At A-S Medication Solutions, we watch COVID treatment in the emergency department through the lens of access and workflow rather than bedside orders, and the pattern is clear. The ED has shifted from crisis mode to risk sorting. Physicians rely on rapid antigen tests for speed, then confirm with PCR when results will change management for high-risk patients. The old obsession with PCR cycle thresholds has faded in daily practice because CT values vary across platforms and do not translate cleanly into bedside decisions; what matters more is who is in front of you, their comorbidities and how quickly you can start treatment.
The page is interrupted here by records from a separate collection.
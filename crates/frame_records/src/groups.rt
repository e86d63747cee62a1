//! The closed user groups to which a caller belongs.

ghost use Rattle.std.specs.Prelude.{◌≡◌, ◌<◌, ◌==◌, ℕ, List, [], Ok, Err, MatchResult, length, IfOk, IfErr, slice_get, Some};
ghost use Rattle.std.specs.List.{list_any};
ghost use Rattle.std.specs.Str.{bytes_eq};
ghost use Rattle.frame_records.specs.Groups.{AreGroups, are_below, has_room, pushed, numbered, group_in, added, groups_in, IsGroupsText, GroupsAreTexts};
ghost use Rattle.frame_records.specs.Seek.{is_open};

use crate::frame::Frame;
use crate::limits::{MOST_GROUP, MOST_GROUPS};
use crate::numbers::GroupNo;
use arrayvec::ArrayVec;
use page_ids::{NumberFault, cut, number_read};
use std::marker::Model;
use thiserror::Error;

/// Why a number is no further group of a list, in the order in which this is judged.
#[derive(Debug, Clone, Copy, PartialEq, Eq, Error)]
pub enum GroupFault {
    /// It isn't written as decimal digits without a leading zero.
    #[error("not a decimal number without leading zeros")]
    Number,
    /// It is 0 or above 65,535, or it is the 17th.
    #[error("no group's number, or one too many")]
    Range,
    /// It isn't greater than the one before.
    #[error("not greater than the number before")]
    Order,
}

/// Why a text lists no groups.
#[derive(Debug, Clone, Copy, PartialEq, Eq, Error)]
pub enum GroupsFault {
    /// I4: not 1 to 16 numbers from 1 to 65,535, strictly ascending and joined by commas.
    #[error("no list of groups")]
    BadGroups,
}

/// The closed user groups of a caller: at most 16, strictly ascending. Contracts see the list of their numbers.
#[derive(Debug, Drop)]
pub struct Groups {
    numbers: ArrayVec<u16, MOST_GROUPS>,
}

impl Model for Groups {
    ghost use Rattle.std.specs.Prelude.{List, ℕ};
    ghost use Rattle.frame_records.specs.Groups.{AreGroups};

    ghost Value = { List ℕ };

    ghost view = { λ g. g.numbers.items };

    ghost invariant = { λ g. AreGroups g.numbers.items };
}

impl Groups {
    /// Those of a caller outside every group.
    pub fn none() -> Groups
        ensures { result ≡ [] }
    {
        Groups {
            numbers: ArrayVec::new(),
        }
    }

    /// The groups of a text: numbers joined by commas, as `7,9`.
    ///
    /// Else I4, `BadGroups`; so of the empty text. Takes no memory.
    pub fn read(text: &str) -> Result<Groups, GroupsFault>
        ensures found { IfOk result (λ groups. IsGroupsText 44 text.now groups) }
        ensures only { IfErr result (λ _. (groups : List ℕ) → IsGroupsText 44 text.now groups → ⊥) }
    {
        match Groups::read_split(text.as_bytes(), b',') {
            Ok(groups) => Ok(groups),
            Err(_) => Err(GroupsFault::BadGroups),
        }
    }

    /// The groups of a text that is cut at each separator, or what is wrong with the first number that is refused.
    pub fn read_split(text: &[u8], separator: u8) -> Result<Groups, GroupFault>
        ensures { result ≡ groups_in separator text.now }
    {
        let mut groups = Groups::none();
        let mut rest = text;
        while let Some((word, after)) = cut(rest, separator) {
            groups.add(word)?;
            rest = after;
        }
        groups.add(rest)?;
        Ok(groups)
    }

    // All of these are smaller.
    fn are_below(&self, group: GroupNo) -> bool
        ensures { result ≡ are_below self.now group }
    {
        self.numbers.iter().all(|held| *held < group.get())
    }

    // The group of a number, after these.
    fn numbered(&self, number: u16) -> Result<GroupNo, GroupFault>
        ensures { result ≡ numbered self.now number }
    {
        if self.numbers.len() >= MOST_GROUPS {
            return Err(GroupFault::Range);
        }
        let group = GroupNo::new(number).ok_or(GroupFault::Range)?;
        if self.are_below(group) {
            Ok(group)
        } else {
            Err(GroupFault::Order)
        }
    }

    // The group of a word, after these.
    fn group_in(&self, word: &[u8]) -> Result<GroupNo, GroupFault>
        ensures { result ≡ group_in self.now word.now }
    {
        match number_read(word, MOST_GROUP as u32) {
            Ok(number) => self.numbered(number as u16),
            Err(NumberFault::NotNumeral) => Err(GroupFault::Number),
            Err(NumberFault::AboveLimit) => Err(GroupFault::Range),
        }
    }

    // The group of a word is put after these.
    fn add(&mut self, word: &[u8]) -> Result<(), GroupFault>
        ensures { MatchResult result (λ _. added self.old word.now ≡ Ok self.new) (λ e. added self.old word.now ≡
            Err e) }
    {
        let group = self.group_in(word)?;
        self.push(group);
        Ok(())
    }

    /// Puts a group after the others, if they are fewer than 16 and all smaller; else nothing changes.
    ///
    /// Whether it was put there. Takes no memory.
    pub fn push(&mut self, group: GroupNo) -> bool
        ensures answer { result ≡ has_room self.old group }
        ensures list { self.new ≡ pushed self.old group }
    {
        let fits = self.numbers.len() < MOST_GROUPS && self.are_below(group);
        if fits {
            self.numbers.push(group.get());
        }
        fits
    }

    /// The same groups once more. Takes no memory.
    pub fn copy(&self) -> Groups
        ensures { result ≡ self.now }
    {
        let held = self.numbers.as_slice();
        let mut numbers = ArrayVec::new();
        for number in held {
            numbers.push(*number);
        }
        Groups { numbers }
    }

    /// Whether a group is among them.
    pub fn has(&self, group: GroupNo) -> bool
        ensures { result ≡ list_any (λ held. held == group) self.now }
    {
        self.numbers.iter().any(|held| *held == group.get())
    }

    /// How many they are, at most 16.
    pub fn len(&self) -> usize
        ensures number { result ≡ length self.now }
        ensures valid { AreGroups self.now }
    {
        self.numbers.len()
    }

    /// The group at an index, from 0.
    pub fn at(&self, i: usize) -> GroupNo
        requires { i < length self.now }
        ensures { slice_get self.now i ≡ Some result }
    {
        GroupNo::of(self.numbers[i])
    }

    /// Whether these are the same groups.
    pub fn are_same(&self, other: &Groups) -> bool
        ensures { result ≡ bytes_eq self.now other.now }
    {
        self.numbers.as_slice() == other.numbers.as_slice()
    }
}

impl Frame {
    /// Whether the frame is open to a caller of these groups: it has no group, or one of the caller's.
    pub fn is_open(&self, groups: &Groups) -> bool
        ensures { result ≡ is_open groups.now self.now }
    {
        match self.group {
            None => true,
            Some(group) => groups.has(group),
        }
    }
}

/// Groups are read from their own texts alone, whatever separates their numbers, if it is no digit.
pub fn groups_are_texts()
    ensures { GroupsAreTexts }
{}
The biggest practical change we see is earlier, more targeted use of antivirals for patients at heightened risk of progression, especially older adults and those with chronic conditions. ED teams are trying to identify those patients fast, start therapy within the recommended window and then hand them off into outpatient follow up without clogging beds. From our side, that has meant tightening pathways so an ED order for an antiviral can move smoothly through pharmacy, prior auth and inventory without delay. The goal now is not managing overwhelming volume. It is preventing the small subset of high-risk patients from spiraling into admission by making testing, risk assessment and antiviral access feel like one continuous, predictable chain.
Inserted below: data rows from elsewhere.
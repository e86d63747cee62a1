ghost use Rattle.std.specs.Prelude.{◌≡◌, ◌≤◌};
ghost use Rattle.std.specs.Option.{SomeIff};
ghost use Rattle.frame_records.specs.Bases.{IsPrice, IsGroup};

use crate::limits::MOST_PENCE;
use std::marker::Model;

/// A price in whole pence, 0 to 9,999. Contracts see the number.
#[derive(Debug, Clone, Copy, PartialEq, Eq, PartialOrd, Ord)]
pub struct Pence {
    number: u16,
}

impl Model for Pence {
    ghost use Rattle.std.specs.Prelude.{ℕ, ◌≤◌};
    ghost use Rattle.frame_records.specs.declared.limits.TheConstants.{MOST_PENCE};

    ghost Value = { ℕ };

    ghost view = { λ p. p.number };

    ghost invariant = { λ p. p.number ≤ MOST_PENCE };

    ghost inverse = { λ n. record { number = n } };
}

impl Pence {
    /// Free of charge.
    pub const FREE: Pence = Pence { number: 0 };

    /// The price of a number of pence; `None` above 9,999.
    pub fn new(number: u16) -> Option<Pence>
        ensures { SomeIff result (IsPrice number) number }
    {
        if number <= MOST_PENCE {
            Some(Pence { number })
        } else {
            None
        }
    }

    /// The price of a number that is in range.
    pub fn of(number: u16) -> Pence
        requires { IsPrice number }
        ensures { result ≡ number }
    {
        Pence { number }
    }

    /// The number of pence.
    pub fn get(self) -> u16
        ensures value { result ≡ self }
        ensures in_range { IsPrice self }
    {
        self.number
    }
}

/// The number of a closed user group, 1 to 65,535. Contracts see the number.
#[derive(Debug, Clone, Copy, PartialEq, Eq, PartialOrd, Ord)]
pub struct GroupNo {
    number: u16,
}

impl Model for GroupNo {
    ghost use Rattle.std.specs.Prelude.{ℕ, ◌≤◌};

    ghost Value = { ℕ };

    ghost view = { λ g. g.number };

    ghost use Rattle.frame_records.specs.declared.limits.TheConstants.{MOST_GROUP};

    ghost invariant = { λ g. (1 ≤ g.number) × (g.number ≤ MOST_GROUP) };

    ghost inverse = { λ n. record { number = n } };
}

impl GroupNo {
    /// The group of a number; `None` at 0.
    pub fn new(number: u16) -> Option<GroupNo>
        ensures { SomeIff result (IsGroup number) number }
    {
        if number >= 1 {
            Some(GroupNo { number })
        } else {
            None
        }
    }

    /// The group of a number that is in range.
    pub fn of(number: u16) -> GroupNo
        requires { IsGroup number }
        ensures { result ≡ number }
    {
        GroupNo { number }
    }

    /// The number.
    pub fn get(self) -> u16
        ensures value { result ≡ self }
        ensures in_range { IsGroup self }
    {
        self.number
    }
}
Founder & Medical Director at New York Cosmetic Skin & Laser Surgery Center
Answered 4 months ago
As a dermatologist and laser surgeon in New York, I worked straight through the first chaotic COVID surges and saw how much started in the emergency department. Our ED colleagues now sort people by risk within minutes. Age, lung and heart disease, oxygen saturation, and days from symptom onset drive choices about antivirals like nirmatrelvir and ritonavir or remdesivir, not just a lab printout. The EPIC HR trial showed early oral therapy cut hospitalization or death by about 89 percent in high risk adults, which changed how I send fragile patients to the ER. We almost never use PCR cycle threshold values to decide treatment, despite all the online arguments. Assays are not standardized, and guidelines treat CT as qualitative, not a dosing knob. What matters is the person in front of you and how sick they look.
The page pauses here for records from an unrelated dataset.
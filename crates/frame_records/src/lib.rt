//! Frames and the page base that holds them.
//!
//! A [`Base`] is built from lists in any order, or refused by name. Contracts see it as its entry page, its outside pages
//! and its frames, both ascending; `find` and `seek` answer by that list of frames as by a map from ids.
//!
//! ```
//! let base = Base::build(entry, outside, frames)?; // two lists, each in any order
//! base.find(id) // the frame, or None
//! base.seek(id, &Groups::read("7,9")?) // Found with its price, Closed or Missing
//! ```
//!
//! - [`Pence`], [`GroupNo`]: numbers within their limits.
//! - [`Groups`], [`GroupsFault`], [`GroupFault`]: the closed user groups of a caller, and why a text lists none.
//! - [`Frame`], [`Lead`], [`Body`]: a frame's record.
//! - [`Base`], [`BuildFault`], [`Sought`]: the base, why two lists make none, and the result of seeking an id.
//! - [`Frame::sought`], [`Base::follow`], [`Destination`]: what the ways of a frame seek, and where they lead.
//! - [`binary_search`], [`Entry`]: the binary search of a list in order, with the number of its entries that were compared;
//!   [`search`], [`Probe`]: the same of whatever can be asked how it compares.
#![tactic(auto)]

mod base;
mod build;
mod frame;
mod groups;
mod limits;
mod numbers;
mod probe;
mod sorted;
mod ways;

pub use base::{Base, Sought, bases_are_one};
pub use build::{BuildFault, is_body_long, is_next_after_z};
pub use frame::{Body, Frame, Lead};
pub use groups::{GroupFault, Groups, GroupsFault, groups_are_texts};
pub use limits::{MOST_BODY, MOST_GROUP, MOST_GROUPS, MOST_LISTED, MOST_PENCE};
pub use numbers::{GroupNo, Pence};
pub use probe::{Probe, search};
pub use sorted::{Entry, binary_search};
pub use ways::Destination;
Initially, when COVID emerged in the early 2020, especially around 2021, there was a lot of confusion. We were dealing with numerous misunderstandings, conflicting guidelines, and some mismanagement due to the newness of the virus and the ever-changing information. As a general physician, I have seen how COVID care in the emergency department has improved over the past few years. Managing COVID has become better now when combined with quick decision making. One of the important steps for emergency management of COVID includes deciding which patients can benefit from antivirals. Some antivirals work best when given early, within the initial days of symptoms. Early treatment can prevent the condition from getting worse. When it comes to testing, PCR testing has been the most trusted method so far, as it detects the genetic material of viruses accurately. The first and foremost step in the emergency department is to check how the patient is breathing and what is their oxygen saturation. People who have low oxygen levels or are already suffering from any other medical conditions should be admitted immediately to prevent sudden deterioration. Oxygen therapy is used when needed, and some steroids are given only when oxygen levels are low. This happens in moderate to severe cases. Overall, COVID care in the emergency department has become better, organized, and predictable than before. The most commonly done procedure in emergency COVID cases involves: quick diagnosis, starting antivirals and monitoring breathing and providing supportive care. This progress has greatly improved patient outcomes compared to the early, confusing days of the pandemic.